WORK TO BE COMPLETED> Using the data below, gather each line that includes the word "nstart".

TASK MATERIAL>
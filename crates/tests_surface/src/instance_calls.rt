//! The calls of an instance, each by a thread of a scenario that was run so far.
ghost use Rattle.machine_data.specs.declared.scenario.Version.TheVariants as versions;
ghost use Rattle.store_works.specs.KeptWorks.{HoldsNone};
ghost use Rattle.std.specs.Prelude.{◌≡◌, ◌<◌, ◌≤◌, IfSome, IsSome, None, Some, [], false, length, true, ◌^◌};
ghost use Rattle.ops_state.specs.Named.{IsLive};
ghost use Rattle.ops_calls.specs.HostOps.{MayDoHostOp, HasPaused, IsRunningIn};
ghost use Rattle.ops_calls.specs.Directs.{IsDirect};
ghost use Rattle.task_loop.specs.LoopCalls.{callee_of};
ghost use Rattle.machine_data.specs.Read.{callers_of, is_async_lifted, place_of, under_of};
ghost use Rattle.machine_data.specs.declared.records.Place.TheVariants as places;
ghost use Rattle.machine_rules.specs.Places.{Placed};
ghost use Rattle.machine_data.specs.declared.component.Component.{Component};
ghost use Rattle.machine_rules.specs.Scripts.{export_at, export_kind};
ghost use Rattle.machine_data.specs.Core.{fresh};
ghost use Rattle.core_records.specs.Seen.{nothing};
ghost use Rattle.task_run.specs.Runnable.{IsRunnable};
ghost use Rattle.core_primitives.specs.Groups.{IsAsked};
ghost use Rattle.task_store.specs.Hosts.{HoldsHosts};
ghost use Rattle.ops_turns.specs.Turn.{CoreInOrder, given, running_of};
ghost use Rattle.core_primitives.specs.StateView.{thread_of, with_core};

use core_primitives::{
    CallPrimitives, InstancePrimitives, OpProgressId, PlacePrimitives, ThreadPrimitives, View,
};
use core_state::{CallContext, Scope};
use machine_data::{Callee, ExportKind, Goal, HostDef, Mark, Place, Trap, Turn};
use ops_dispatch::export_def;
use ops_state::{Item, QualifiedThreadId, cleanup_thread, is_live, push_work_item};
use std::alloc::Global;
use std::process::Abort;
use task_loop::{
    Answer, Component, Func, Instance, Outcome, ResumeThread, Step, SuspensionTarget, TaskError,
    Trace, run_concurrent,
};
use task_run::{Scenario, ScriptMain, read_scenario};
use task_store::{FromHost, HostWork, ScriptedHost, Store};

// A thread of b makes a set, calls a host that never answers, makes a thread, cancels the call, waits for its end, drops it,
// and then calls and cancels a callback of a, which is told so.
const CALLER: &[u8] =
    b"scenario 1\nhandles 100000\ntable 1000000\nidle wait\nhost dead never\ninstance a\nexport f callback 0\nset_new r3\ncb_wait r3\nreact\nexit\nexport g sync 1\nexit\ninstance b\nthread 0\nsuspend\nexport h stackful 0\nset_new r1\ncall r4 r5 dead\nthread_new r2 0 5\ncancel r6 2\njoin 2 1\nwait r7 1\ndrop 2\ncall r4 r5 a.f\ncancel r6 2\ncall_sync r8 a.g 7\nmain\nstart b.h\nfinish 1 r0\nanswer r0\nend\n";

// A thread of b calls a sync export of a.
const DIRECT: &[u8] =
    b"scenario 1\nhandles 100000\ntable 1000000\nidle wait\ninstance a\nexport g sync 1\ninstance b\nexport h stackful 0\ncall_sync r8 a.g 7\nmain\nstart b.h\nfinish 1 r0\nanswer r0\nend\n";

// A thread of b calls two hosts, of which it cancels the second one. Both end while it yields; then it cancels the first one.
const HOSTS: &[u8] =
    b"scenario 1\nhandles 100000\ntable 1000000\nidle wait\nhost dead never\nhost soon polls 1 value 9\ninstance a\nexport f callback 0\nret 0\nexit\ninstance b\nexport h stackful 0\ncall r4 r5 soon\ncall r4 r5 dead\ncancel r6 2\nyield\nyield\nyield\ncancel r6 1\nyield\nmain\nstart b.h\nfinish 1 r0\nanswer r0\nend\n";

// The first thread of b calls a host and ends; the second one takes the end of that subtask, and drops it.
const LEFT: &[u8] =
    b"scenario 1\nhandles 100000\ntable 1000000\nidle wait\nhost soon polls 1 value 9\ninstance a\nexport f callback 0\nret 0\nexit\ninstance b\nexport h stackful 0\ncall r4 r5 soon\nret 0\nexport g stackful 0\nyield\nyield\nyield\ncancel r6 1\ndrop 1\nret 0\nmain\nstart b.h\nfinish 1 r0\nstart b.g\nfinish 2 r1\nanswer r0\nend\n";

const A: Instance = Instance { index: 0 };

const B: Instance = Instance { index: 1 };

// The first export of a.
const F: Func = Func {
    instance: Instance { index: 0 },
    export: 0,
};

struct Midway {
    scenario: Scenario,
    store: Store<(), ScriptedHost>,
}

// Stated, so that it is proved once and not at each place where a value is let go.
impl Drop for Midway {
    fn drop(self) {
        let Midway {
            scenario: _,
            store: _,
        } = self;
    }
}

// A store with two instances.
fn new_store(rt: &impl Abort, alloc: Global) -> Store<(), ScriptedHost>
    ensures state { result.state ≡ with_core (fresh versions.One 2 100000 1000000) nothing }
    ensures free { result.running ≡ false }
    ensures works { HoldsNone result.works }
    ensures groups { IsAsked result.state }
{
    let mut store = Store::new(alloc, (), true, 1);
    let Ok(_) = store.add_instance() else {
        panic!(rt; "no memory")
    };
    let Ok(_) = store.add_instance() else {
        panic!(rt; "no memory")
    };
    store
}

// The scenario is run in the store for so many labels.
fn drive(
    rt: &impl Abort,
    alloc: Global,
    scenario: &Scenario,
    store: &mut Store<(), ScriptedHost>,
    steps: u32,
)
    requires runnable { IsRunnable scenario.now }
    requires two { length scenario.now.component.instances ≡ 2 }
    requires fresh { store.old.state ≡ with_core (fresh versions.One 2 100000 1000000) nothing }
    requires free { store.old.running ≡ false }
    requires works { HoldsNone store.old.works }
    requires groups { IsAsked store.old.state }
    requires few { steps ≤ 100 }
    ensures order { IfSome (running_of store.new.state) (λ n. CoreInOrder scenario.now.component (Turn.Run n) store.new.state.core) }
    ensures given { given store.new.state.core ≤ 200 }
    ensures hosts { HoldsHosts ⟦<ScriptedHost as HostWork>⟧.course store.new }
    ensures two { length scenario.now.component.instances ≡ 2 }
{
    let Ok(mut run) = run_concurrent(store, false) else {
        panic!(rt; "a run")
    };
    let mut trace = Trace::new(alloc);
    let mut main = ScriptMain::new(alloc, scenario.main.as_slice());
    let driven = run.drive(&scenario.component, store, &mut main, steps, &mut trace);
    let Ok(Outcome::OutOfSteps) = driven else {
        panic!(rt; "a thread that runs")
    };
    run.end(store);
}

// The thread that runs is of the instance, and an op of it is under way or none is.
fn is_asking(store: &Store<(), ScriptedHost>, instance: Instance, paused: bool) -> bool
    ensures runs { result ≡ true → IsSome (running_of store.now.state) }
    ensures fresh { result ≡ true → paused ≡ false → MayDoHostOp instance.index store.now.state }
    ensures paused { result ≡ true → paused ≡ true → HasPaused instance.index store.now.state }
{
    let Some(thread) = store.state.current() else {
        return false;
    };
    if store.state.instance_of(thread) != instance.index {
        return false;
    }
    matches!(store.state.op_progress(thread), OpProgressId::Fresh) != paused
}

// What the text's scenario leaves after so many labels, with a thread of the instance running.
fn running(
    rt: &impl Abort,
    alloc: Global,
    text: &[u8],
    steps: u32,
    instance: Instance,
    paused: bool,
) -> Midway
    requires text { length text.now ≤ 1048576 }
    requires few { steps ≤ 100 }
    requires instance { instance.index < 2 }
    ensures running { IsRunningIn result.scenario.component result.store.state }
    ensures few { given result.store.state.core < 2 ^ 61 }
    ensures hosts { HoldsHosts ⟦<ScriptedHost as HostWork>⟧.course result.store }
    ensures fresh { paused ≡ false → MayDoHostOp instance.index result.store.state }
    ensures paused { paused ≡ true → HasPaused instance.index result.store.state }
{
    let Ok(scenario) = read_scenario(alloc, text) else {
        panic!(rt; "a scenario")
    };
    assert!(rt; scenario.component.instances.len() == 2);
    let mut store = new_store(rt, alloc);
    drive(rt, alloc, &scenario, &mut store, steps);
    if !is_asking(&store, instance, paused) {
        panic!(rt; "a thread of the instance")
    }
    Midway { scenario, store }
}

// What the running thread asks of its instance; it tells whether the answer is the one that is due. It is lent the store: what a function
// owns is proved anew at each of its calls.
trait Asks {
    fn asks(&self, at: &mut Midway, instance: Instance) -> bool
        requires running { IsRunningIn at.old.scenario.component at.old.store.state }
        requires few { given at.old.store.state.core < 2 ^ 61 }
        requires fresh { MayDoHostOp instance.index at.old.store.state };
}

// Sets the stage after so many labels of the text's scenario.
fn holds(
    rt: &impl Abort,
    alloc: Global,
    ask: &impl Asks,
    text: &[u8],
    steps: u32,
    instance: Instance,
) -> bool
    requires text { length text.now ≤ 1048576 }
    requires few { steps ≤ 100 }
    requires instance { instance.index < 2 }
{
    let mut at = running(rt, alloc, text, steps, instance, false);
    ask.asks(&mut at, instance)
}

#[derive(Clone, Copy)]
enum OfSets {
    Makes,
    Drops,
    Polls,
    Waits,
    Joins,
}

COMPLETED EXERCISE>
    b"scenario 1\nhandles 100000\ntable 1000000\nidle wait\nhost dead never\ninstance a\nexport f callback 0\nset_new r3\ncb_wait r3\nreact\nexit\nexport g sync 1\nexit\ninstance b\nthread 0\nsuspend\nexport h stackful 0\nset_new r1\ncall r4 r5 dead\nthread_new r2 0 5\ncancel r6 2\njoin 2 1\nwait r7 1\ndrop 2\ncall r4 r5 a.f\ncancel r6 2\ncall_sync r8 a.g 7\nmain\nstart b.h\nfinish 1 r0\nanswer r0\nend\n";
    b"scenario 1\nhandles 100000\ntable 1000000\nidle wait\ninstance a\nexport g sync 1\ninstance b\nexport h stackful 0\ncall_sync r8 a.g 7\nmain\nstart b.h\nfinish 1 r0\nanswer r0\nend\n";
    b"scenario 1\nhandles 100000\ntable 1000000\nidle wait\nhost dead never\nhost soon polls 1 value 9\ninstance a\nexport f callback 0\nret 0\nexit\ninstance b\nexport h stackful 0\ncall r4 r5 soon\ncall r4 r5 dead\ncancel r6 2\nyield\nyield\nyield\ncancel r6 1\nyield\nmain\nstart b.h\nfinish 1 r0\nanswer r0\nend\n";
    b"scenario 1\nhandles 100000\ntable 1000000\nidle wait\nhost soon polls 1 value 9\ninstance a\nexport f callback 0\nret 0\nexit\ninstance b\nexport h stackful 0\ncall r4 r5 soon\nret 0\nexport g stackful 0\nyield\nyield\nyield\ncancel r6 1\ndrop 1\nret 0\nmain\nstart b.h\nfinish 1 r0\nstart b.g\nfinish 2 r1\nanswer r0\nend\n";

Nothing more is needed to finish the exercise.